Sep 21, 2010 08:27 GMT  ·  By

Apple has released a security update for Mac OS X v10.6.4 and Mac OS X Server v10.6.4, which addresses an information disclosure vulnerability in AFP.

The Apple Filing Protocol (AFP) provides files services for Mac OS X. Clients can access AFP resources by browsing for them on the network or opening afp:// URLs directly.

Designated as "Security Update 2010-006," the new release fixes a bug, which according to Apple, can allow an attacker to access an AFP shared folder without providing a valid password.

"A remote attacker with knowledge of an account name on a target system may bypass the password validation and access AFP shared folders," the company explains in the associated advisory.

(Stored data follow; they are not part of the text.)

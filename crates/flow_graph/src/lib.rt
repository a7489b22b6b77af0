//! The flow of a deck under its notes: the executed locations, the hops of each, and walks of the
//! flow graph, of which a run that keeps to the notes is one.
//!
//! Code, from the bottom up. `instructions` (allowed at a location) and `hops` are iterators that
//! store no more than one instruction and its ways. `patterns` are those of a location, with the
//! deck's own instruction as one. `alike` says up to which data address instructions write the same
//! words, or have the same ways. `location_set` is a set of locations in the order in which they
//! are found, and `successors` adds those of a location to it, pattern by pattern. A `node` is a
//! location with what is open there at the exits of calls; `nodes` is a set of them, and `openings`
//! finds what is open behind a step. `place` says whether one location is in order (faults 32 and
//! 33). `discovery` has `discover`, which makes the `Flow` of `flow_graph` whatever stands at its
//! locations, `rediscover`, for where it was made before, and `flow`, which looks whether they are
//! in order; each gives up past 65,536 nodes (fault 37). `refusal` is why an analysis refuses a
//! deck, and `cycle` the locations of one, the smallest first. `longest` is the latest end of a
//! hop.
//!
//! Definitions, in the order to read them: `Hops` (hops, edges, nodes, and what is executed),
//! `Executed` (the order of discovery), `Taken` (whether a step may go on from one location to
//! another), `Accepted` (when a deck is, when a location is in order, and each refusal), `Walk`,
//! `RunHops` (the hops of a run), `Bounded` (what no kept run uses more than), and `Longest` (the
//! latest clock at which a hop can end, with the most units that its operation may have). `Profile`
//! says by which ways an instruction of the profile may end. `MostPasses` has the number that no
//! walk passes a mark more often than. `Passes` says that a pass raises the counts. The others say
//! what the code's types and loops mean by these: of hops `Patterns`, `Instructions`, `HopsLeft`,
//! `Seen` and `Alike`; of discovery `InNodes`, `Discovered`, `Found`, `Refused` and `Flow` (with
//! `OneProof`, that what it asks for has one proof); of cycles `Turned`; of walks `SettingOf`.
//!
//! Proofs. These have laws that other crates use: `Among`, whether a location is one of some;
//! `LongestLaws`, of the latest ends; `FromAngles`, how long a hop takes from an angle;
//! `DataAngles`, with which D as long; `Orders`, of the order of discovery; `KeptWalk`, why a kept
//! run is a walk; `Adding`, lemmas on lists that grow. `Links` has which nodes edges lead to, with
//! `InNodesLaws` and `KeptOpen` on what is open there. `PassLaws` shows how often a walk passes a
//! mark.
#![tactic(auto)]

pub mod alike;
mod cycle;
mod discovery;
mod flow_graph;
mod hops;
mod instructions;
pub mod location_set;
pub mod longest;
mod node;
mod nodes;
mod openings;
pub mod patterns;
pub mod place;
mod refusal;
mod successors;

pub use cycle::Cycle;
pub use discovery::{discover, flow, rediscover};
pub use flow_graph::Flow;
pub use hops::{Hop, Hops};
pub use refusal::Refusal;
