//! What is left of a plan, and what of that a visit of a loop may still take.

use crate::loops::Loops;
use crate::plan::Plan;
use crate::sharing::Sharing;
use crate::trail::Taken;
use std::alloc::AllocError;

/// What is left, by kind.
#[derive(Drop)]
pub struct Stock {
    pub left: Vec<i128>,
    /// What the visit of a kind's innermost loop may still take.
    share: Vec<i128>,
    /// What even shares go by; without it a visit may take all that is left.
    sharing: Option<Sharing>,
    /// How often a kind was used up.
    pub used_up: u32,
}

/// How far a kind may be taken.
#[derive(Clone, Copy, PartialEq, Eq, PartialOrd, Ord)]
pub enum Leave {
    /// The visit has it left.
    Visit,
    /// The plan has.
    Plan,
    /// Neither has.
    None,
}

impl Stock {
    /// All of a plan, in even shares or not.
    pub fn of(plan: &Plan, sharing: Option<Sharing>) -> Result<Stock, AllocError> {
        Ok(Stock {
            sharing,
            left: plan.times.clone()?,
            share: plan.times.clone()?,
            used_up: 0,
        })
    }

    /// What is left of a kind.
    fn left_of(&self, kind: usize) -> i128 {
        self.left.get(kind).copied().unwrap_or(0)
    }

    /// What the visit has left of a kind.
    fn share_of(&self, kind: usize) -> i128 {
        self.share.get(kind).copied().unwrap_or(0)
    }

    /// Whether some of a kind is left.
    pub fn has(&self, kind: usize) -> bool {
        self.left_of(kind) > 0
    }

    /// How far a kind may be taken.
    pub fn leave(&self, loops: &Loops, kind: usize) -> Leave {
        if !self.has(kind) {
            Leave::None
        } else if loops.home(kind).is_none() || self.share_of(kind) > 0 {
            Leave::Visit
        } else {
            Leave::Plan
        }
    }

    /// How many more rounds of a loop there are that each take this of a kind. One is left where
    /// the kind doesn't end the round.
    pub fn rounds(&self, loops: &Loops, number: usize, taken: Taken, is_last: bool) -> u128 {
        let mut left = self.left_of(taken.kind);
        if loops.home(taken.kind) == Some(number) {
            left = left.min(self.share_of(taken.kind));
        }
        let kept = if is_last { 0 } else { 1 };
        let left = left.max(0).unsigned_abs().saturating_sub(kept);
        left / taken.times.unsigned_abs().max(1)
    }

    /// How many more rounds of a loop even shares allow, of which one began behind a step and has
    /// taken this.
    pub fn even_rounds(&self, loops: &Loops, number: usize, since: u32, taken: &[Taken]) -> u128 {
        match (&self.sharing, loops.list.get(number)) {
            (Some(sharing), Some(one)) => sharing.rounds(loops, one, since, taken),
            _ => u128::MAX,
        }
    }

    /// Takes what so many rounds of a loop take.
    pub fn go_round(&mut self, loops: &Loops, number: usize, taken: &[Taken], rounds: i128) {
        for one in taken {
            let is_own = loops.home(one.kind) == Some(number);
            self.take(one.kind, one.times.saturating_mul(rounds), is_own);
        }
        if let Some(sharing) = &mut self.sharing
            && let Some(one) = loops.list.get(number)
        {
            sharing.go_round(loops, one, taken, rounds);
        }
    }

    /// Takes so many of a kind, those of its innermost loop's visit too if it is in that.
    pub fn take(&mut self, kind: usize, times: i128, is_of_visit: bool) {
        if let Some(left) = self.left.get_mut(kind)
            && *left > 0
        {
            *left = left.saturating_sub(times);
            if *left <= 0 {
                self.used_up = self.used_up.saturating_add(1);
            }
        }
        if let Some(sharing) = &mut self.sharing {
            sharing.take(kind, times);
        }
        if is_of_visit
            && let Some(share) = self.share.get_mut(kind)
            && *share > 0
        {
            *share = share.saturating_sub(times);
        }
    }

    /// A visit of a loop begins, at a place.
    pub fn begin(
        &mut self,
        loops: &Loops,
        number: usize,
        place: usize,
        step: u32,
    ) -> Result<(), AllocError> {
        if let Some(sharing) = &mut self.sharing {
            return sharing.begin(&mut self.share, loops, number, place, step);
        }
        if let Some(one) = loops.list.get(number) {
            for kind in &one.own {
                let left = self.left_of(*kind);
                if let Some(share) = self.share.get_mut(*kind) {
                    *share = left;
                }
            }
        }
        Ok(())
    }
}
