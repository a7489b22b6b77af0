//! The program's command line, as clap reads it.
ghost use Rattle.std.specs.Prelude.{◌≡◌, IfOk, false};
ghost use Rattle.clap.specs.Words.{app_of, rule_of, shape_of};
ghost use Rattle.clap.specs.declared.builder.command.Command.TheViews.{out-Command};
ghost use Rattle.program_command.specs.Entry.{file_of, verb_of};
ghost use Rattle.program_command.specs.Line.{drum650, file_rule, verb_shape};

use crate::entries::{Entry, FileWord, entries};
use clap::{Arg, ArgAction};
use std::alloc::{AllocError, Global};

const ABOUT: &str =
    "Tells how many word times a program for the IBM 650 can take, whose memory is a turning drum";

const AFTER_HELP: &str = "\
The files that commands name:
  DECK    a deck: cards for the drum, one on each line
  TIMES   a timing table: TOML, how many word times each operation takes
  NOTES   notes: TOML, bounds on loops, and what altered words may become
  INPUTS  what a replayed run finds in the machine, and the cards that it reads
Their formats are described in docs/FORMATS.md, and every fault with its cure in docs/FAULTS.md.
The drum turns once in 50 word times.

Example:
  drum650 bound deck.txt times.toml notes.toml

With no words at all, deck, timing table and notes are read from standard input in one text, the
joined form of docs/FORMATS.md, and the bound is printed.

Exit status:
  0  done
  1  the deck, the timing table, the notes or the inputs are refused
  2  the command line is wrong
  3  a file could not be read, memory ran out, or what is printed could not be written
  4  a replay, a trace or a drawn run left the notes

This is version 2026.11; README.md says how to cite it.
";

/// The whole command line.
pub(crate) fn command_line<'a>(alloc: Global) -> Result<clap::Command<'a>, AllocError>
    ensures { IfOk result (λ line. app_of line ≡ drum650) }
{
    let mut line = clap::Command::new(alloc, "drum650")
        .no_binary_name(true)
        .subcommand_required(true)
        .disable_help_subcommand(true)
        .about(ABOUT)
        .after_help(AFTER_HELP)
        .bin_name("drum650")?;
    for entry in entries() {
        line = line.subcommand(subcommand(alloc, *entry)?)?;
    }
    Ok(line)
}

/// The command of an entry, with its files.
fn subcommand<'a>(alloc: Global, entry: Entry) -> Result<clap::Command<'a>, AllocError>
    ensures local { IfOk result (λ command. (out-Command command).has_globals ≡ false) }
    ensures shape { IfOk result (λ command. shape_of command ≡ verb_shape (verb_of entry)) }
{
    let mut command = clap::Command::new(alloc, entry.name)
        .about(entry.about)
        .after_help(entry.example);
    for file in entry.files {
        command = command.arg(argument(alloc, *file))?;
    }
    Ok(command)
}

/// A file, which is found by where it stands.
fn argument<'a>(alloc: Global, file: FileWord) -> Arg<'a>
    ensures local { result.global ≡ false }
    ensures rule { rule_of result ≡ file_rule (file_of file) }
{
    Arg::new(alloc, file.name)
        .required(file.needed)
        .action(ArgAction::Set)
        .help(file.help)
}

It's worth noting that the vulnerability, identified as CVE-2010-1820, only affects Mac OS X 10.6 systems and that AFP file sharing is not enabled by default, which significantly limits its impact.

Nevertheless, users are encouraged to apply the available patch as soon as possible by accessing "Software Update" under the Apple menu.

A critical arbitrary code execution vulnerability, also said to affect file sharing on Max OS X, was patched in Samba 3.5.5, that was released a week ago.

"This allows a malicious client to send a sid that can overflow the stack variable that is being used to store the SID in the Samba smbd server," the Samba developers explained.

Samba is a free re-implementation of several network protocols and provides file and print sharing services between Windows and Unix-like systems, including Mac OS X Server.

"If you are running Samba, turn it off NOW until you can upgrade. This means all Mac OS X users with file sharing, all NAS devices based on Linux, some printers, etc," HD Moore, the founder and lead developer of the Metasploit penetration testing framework, advised at the time.